Ukrył twarz w dłoniach. Wszystkie nadzieje legły w gruzach.
– Ben, co się stało?
Była tuż obok niego. Obejmowała go czule.
– Nic się nie stało. Powinienem był trzeźwiej na to patrzeć.
– Na co?
– Na nas. Kiedy pojawiłaś się w mojej bibliotece, miałem wrażenie, jakbyś wyszła… wprost z moich snów. Głupie, co? Wszystko, co powiedziałem ci tamtej nocy, było prawdą, ale… – Urwał w pół zdania.

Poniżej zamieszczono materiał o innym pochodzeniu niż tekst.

// The table `rules`.
ghost use Rattle.std.specs.Prelude.{◌≡◌, ◌≤◌, ◌<◌, ◌++◌, ◌∷◌, [], ℕ, List, Bool, false, length, option_map, IfOk, OnOk};
ghost use Rattle.toml.specs.View.{view, items_view, table_view};
ghost use Rattle.query_rules.specs.Rows.{replaces_nothing};
ghost use Rattle.mx_config.specs.Faults.{Gives};
ghost use Rattle.mx_config.specs.Lawful.{AreLawfulRules, IsBetween, IsLawfulRule};
ghost use Rattle.mx_config.specs.RuleRows.{AreLawfulKeys, answers_of, client_of, effects_of, has_rule, judged_rule, new_rule, patterns_of, replaces, rule_of, rule_row, rule_with, start_of};
ghost use Rattle.mx_config.specs.Tables.{rows_from};
ghost use Rattle.mx_config.specs.Values.{Agrees, AllFit, ArePatterns};
ghost use Rattle.mx_config.specs.declared.value.TextForm.TheVariants.{Any, Message};

use crate::ConfigRefusal;
use crate::fault::{Kind, Place, TableName, refusal};
use crate::row::{Row, row_behind};
use crate::table::{Keyed, KeyedRows};
use crate::value::TextForm;
use mx_base::{Bytes, Hostgroup, Items, OutOfMemory};
use query_rules::RuleRow;
use std::alloc::Global;
use toml::Value;

/// The keys of a row, in order.
const KEYS: [&str; 17] = [
    "rule_id",
    "active",
    "apply",
    "negate_match_pattern",
    "username",
    "schemaname",
    "flagIN",
    "digest",
    "match_digest",
    "match_pattern",
    "flagOUT",
    "next_query_flagIN",
    "replace_pattern",
    "destination_hostgroup",
    "multiplex",
    "error_msg",
    "OK_msg",
];

/// Which rule a row is, and how it is used.
#[derive(Clone, Copy)]
pub(crate) struct RuleStart {
    pub rule_id: u32,
    pub active: bool,
    pub apply: bool,
    pub negate_match_pattern: bool,
}

/// Of which client's texts a rule is.
#[allow(non_snake_case)]
#[derive(Drop)]
pub(crate) struct RuleClient {
    pub username: Option<Bytes>,
    pub schemaname: Option<Bytes>,
    pub flagIN: u16,
}

/// Which of these texts a rule is for.
#[derive(Drop)]
pub(crate) struct RulePatterns {
    pub digest: Option<u64>,
    pub match_digest: Option<Bytes>,
    pub match_pattern: Option<Bytes>,
}

/// What a rule does.
#[allow(non_snake_case)]
#[derive(Drop)]
pub(crate) struct RuleEffects {
    pub flagOUT: Option<u16>,
    pub next_query_flagIN: Option<u16>,
    pub replace_pattern: Option<Bytes>,
    pub destination_hostgroup: Option<Hostgroup>,
    pub multiplex: Option<bool>,
}

/// What is answered in place of running a text.
#[allow(non_snake_case)]
#[derive(Drop)]
pub(crate) struct RuleAnswers {
    pub error_msg: Option<Bytes>,
    pub OK_msg: Option<Bytes>,
}

// The rules so far.
type RuleTable = KeyedRows<RuleRow>;

impl Keyed for RuleRow {
    type Key = u32;

    ghost key_of = { λ row. row.rule_id };

    fn key(&self, _: Global) -> Result<u32, OutOfMemory> {
        Ok(self.rule_id)
    }
}

/// The rows of rules.
pub(crate) fn read_rule_rows(
    alloc: Global,
    items: &[Value],
) -> Result<Items<RuleRow>, ConfigRefusal>
    requires { length items.now ≤ 10000 }
    ensures said { (is_pattern : List ℕ → Bool) → Agrees is_pattern
        → Gives result (rows_from (rule_row is_pattern) [] (items_view items.now)) }
    ensures lawful { IfOk result AreLawfulRules }
{
    let mut rules = RuleTable::new(alloc);
    for value in items {
        let row = read_rule_row(alloc, &rules, value)?;
        rules.push(alloc, row)?;
    }
    Ok(rules.into_rows())
}

// The row of rules behind the rows so far.
#[tactic(auto, unfolding(crate::specs::RuleRows::rule_row))]
fn read_rule_row(alloc: Global, before: &RuleTable, value: &Value) -> Result<RuleRow, ConfigRefusal>
    requires { length before.now < 10000 }
    ensures said { (is_pattern : List ℕ → Bool) → Agrees is_pattern → Gives result (rule_row is_pattern before.now (view value.now)) }
    ensures lawful { IfOk result (IsLawfulRule before.now) }
{
    let row = row_behind(alloc, TableName::Rules, before.len(), value, &KEYS)?;
    let rule = read_rule(&row)?;
    judge(alloc, row.place, before, &rule)?;
    Ok(rule)
}

// The rule that the keys of a row say.
#[tactic(auto, using(crate::proofs::Steps::steps), unfolding(crate::specs::RuleRows::rule_of))]
fn read_rule(row: &Row) -> Result<RuleRow, ConfigRefusal>
    ensures said { (is_pattern : List ℕ → Bool) → Agrees is_pattern
        → Gives result (rule_of is_pattern row.now.place (table_view row.now.members.now)) }
    ensures lawful { IfOk result AreLawfulKeys }
{
    let start = read_start(row)?;
    let client = read_client(row)?;
    let patterns = read_patterns(row)?;
    let effects = read_effects(row)?;
    let answers = read_answers(row)?;
    Ok(rule_with(start, client, patterns, effects, answers))
}

// Refuses a rule that can't stand behind the rows so far.
#[tactic(auto, using(crate::proofs::Steps::steps), unfolding(crate::specs::RuleRows::judged_rule))]
fn judge(
    alloc: Global,
    place: Place,
    before: &RuleTable,
    rule: &RuleRow,
) -> Result<(), ConfigRefusal>
    ensures said { Gives result (judged_rule place before.now rule.now) }
    ensures replaces { OnOk result (replaces_nothing rule.now ≡ false) }
    ensures new { OnOk result (has_rule before.now rule.now.rule_id ≡ false) }
{
    may_replace(alloc, place, rule)?;
    new_id(alloc, place, before, rule.rule_id)
}

#[tactic(auto, using(crate::proofs::Steps::steps), unfolding(crate::specs::RuleRows::start_of))]
fn read_start(row: &Row) -> Result<RuleStart, ConfigRefusal>
    ensures said { Gives result (start_of row.now.place (table_view row.now.members.now)) }
    ensures id { IfOk result (λ start. IsBetween 1 4294967295 start.rule_id) }
{
    let rule_id = row.number("rule_id", None, 1, 4_294_967_295)?;
    let active = row.switch("active", true)?;
    let apply = row.switch("apply", false)?;
    let negate = row.switch("negate_match_pattern", false)?;
    Ok(RuleStart {
        rule_id: rule_id as u32,
        active,
        apply,
        negate_match_pattern: negate,
    })
}

#[tactic(auto, using(crate::proofs::Steps::steps), unfolding(crate::specs::RuleRows::client_of))]
fn read_client(row: &Row) -> Result<RuleClient, ConfigRefusal>
    ensures said { Gives result (client_of row.now.place (table_view row.now.members.now)) }
    ensures lawful { IfOk result (λ client. AllFit Any client.username × AllFit Any client.schemaname) }
{
    let username = row.text_if_there("username", TextForm::Any)?;
    let schemaname = row.text_if_there("schemaname", TextForm::Any)?;
    let flag = row.number("flagIN", Some(0), 0, 65_535)?;
    Ok(RuleClient {
        username,
        schemaname,
        flagIN: flag as u16,
    })
}

#[tactic(auto, using(crate::proofs::Steps::steps), unfolding(crate::specs::RuleRows::patterns_of, crate::specs::Rows::optional_key))]
fn read_patterns(row: &Row) -> Result<RulePatterns, ConfigRefusal>
    ensures said { (is_pattern : List ℕ → Bool) → Agrees is_pattern
        → Gives result (patterns_of is_pattern row.now.place (table_view row.now.members.now)) }
    ensures lawful { IfOk result (λ patterns. ArePatterns patterns.match_digest × ArePatterns patterns.match_pattern) }
{
    let digest = row.digest_if_there("digest")?;
    let match_digest = row.pattern_if_there("match_digest")?;
    let match_pattern = row.pattern_if_there("match_pattern")?;
    Ok(RulePatterns {
        digest,
        match_digest,
        match_pattern,
    })
}

#[tactic(auto, using(crate::proofs::Steps::steps), unfolding(crate::specs::RuleRows::effects_of))]
fn read_effects(row: &Row) -> Result<RuleEffects, ConfigRefusal>
    ensures said { Gives result (effects_of row.now.place (table_view row.now.members.now)) }
    ensures lawful { IfOk result (λ effects. AllFit Any effects.replace_pattern) }
{
    let out = row.small_if_there("flagOUT")?;
    let next = row.small_if_there("next_query_flagIN")?;
    let template = row.text_if_there("replace_pattern", TextForm::Any)?;
    let destination = row.small_if_there("destination_hostgroup")?;
    let multiplex = row.switch_if_there("multiplex")?;
    Ok(RuleEffects {
        flagOUT: out,
        next_query_flagIN: next,
        replace_pattern: template,
        destination_hostgroup: hostgroup_of(destination),
        multiplex,
    })
}

#[tactic(auto, using(crate::proofs::Steps::steps), unfolding(crate::specs::RuleRows::answers_of))]
fn read_answers(row: &Row) -> Result<RuleAnswers, ConfigRefusal>
    ensures said { Gives result (answers_of row.now.place (table_view row.now.members.now)) }
    ensures lawful { IfOk result (λ answers. AllFit Message answers.error_msg × AllFit Message answers.OK_msg) }
{
    let error = row.text_if_there("error_msg", TextForm::Message)?;
    let ok = row.text_if_there("OK_msg", TextForm::Message)?;
    Ok(RuleAnswers {
        error_msg: error,
        OK_msg: ok,
    })
}

fn hostgroup_of(number: Option<u16>) -> Option<Hostgroup>
    ensures { result ≡ option_map (λ n. record { 0 = n }) number }
{
    match number {
        Some(number) => Some(Hostgroup(number)),
        None => None,
    }
}

fn rule_with(
    start: RuleStart,
    client: RuleClient,
    patterns: RulePatterns,
    effects: RuleEffects,
    answers: RuleAnswers,
) -> RuleRow
    ensures { result ≡ rule_with start client patterns effects answers }
{
    RuleRow {
        rule_id: start.rule_id,
        active: start.active,
        username: client.username,
        schemaname: client.schemaname,
        flagIN: client.flagIN,
        digest: patterns.digest,
        match_digest: patterns.match_digest,
        match_pattern: patterns.match_pattern,
        negate_match_pattern: start.negate_match_pattern,
        flagOUT: effects.flagOUT,
        replace_pattern: effects.replace_pattern,
        destination_hostgroup: effects.destination_hostgroup,
        next_query_flagIN: effects.next_query_flagIN,
        multiplex: effects.multiplex,
        error_msg: answers.error_msg,
        OK_msg: answers.OK_msg,
        apply: start.apply,
    }
}

// Refuses a rule with a template, but no match that it could take the place of.
fn may_replace(alloc: Global, place: Place, rule: &RuleRow) -> Result<(), ConfigRefusal>
    ensures said { Gives result (replaces place rule.now) }
    ensures some { OnOk result (replaces_nothing rule.now ≡ false) }
{
    if rule.replaces_nothing() {
        return Err(refusal(alloc, place, Kind::ReplaceWithoutPattern, "replace_pattern"));
    }
    Ok(())
}

// Refuses an id that a row before has.
fn new_id(alloc: Global, place: Place, before: &RuleTable, id: u32) -> Result<(), ConfigRefusal>
    ensures said { Gives result (new_rule place before.now id) }
    ensures new { OnOk result (has_rule before.now id ≡ false) }
{
    if before.has(&id) {
        return Err(refusal(alloc, place, Kind::DuplicateRule, "rule_id"));
    }
    Ok(())
}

Chciał dodać „ale już w to nie wierzę”.
– Ale co? – zapytała niepewnie.
– Nadal jest prawdą. Miałem nadzieję, że będziemy potrafili zapomnieć o przeszłości i zaprzyjaźnimy się nawet.
– Zaprzyjaźnimy – powtórzyła jak echo.
Był tak przejęty, że nie usłyszał przejmującego żalu w jej głosie.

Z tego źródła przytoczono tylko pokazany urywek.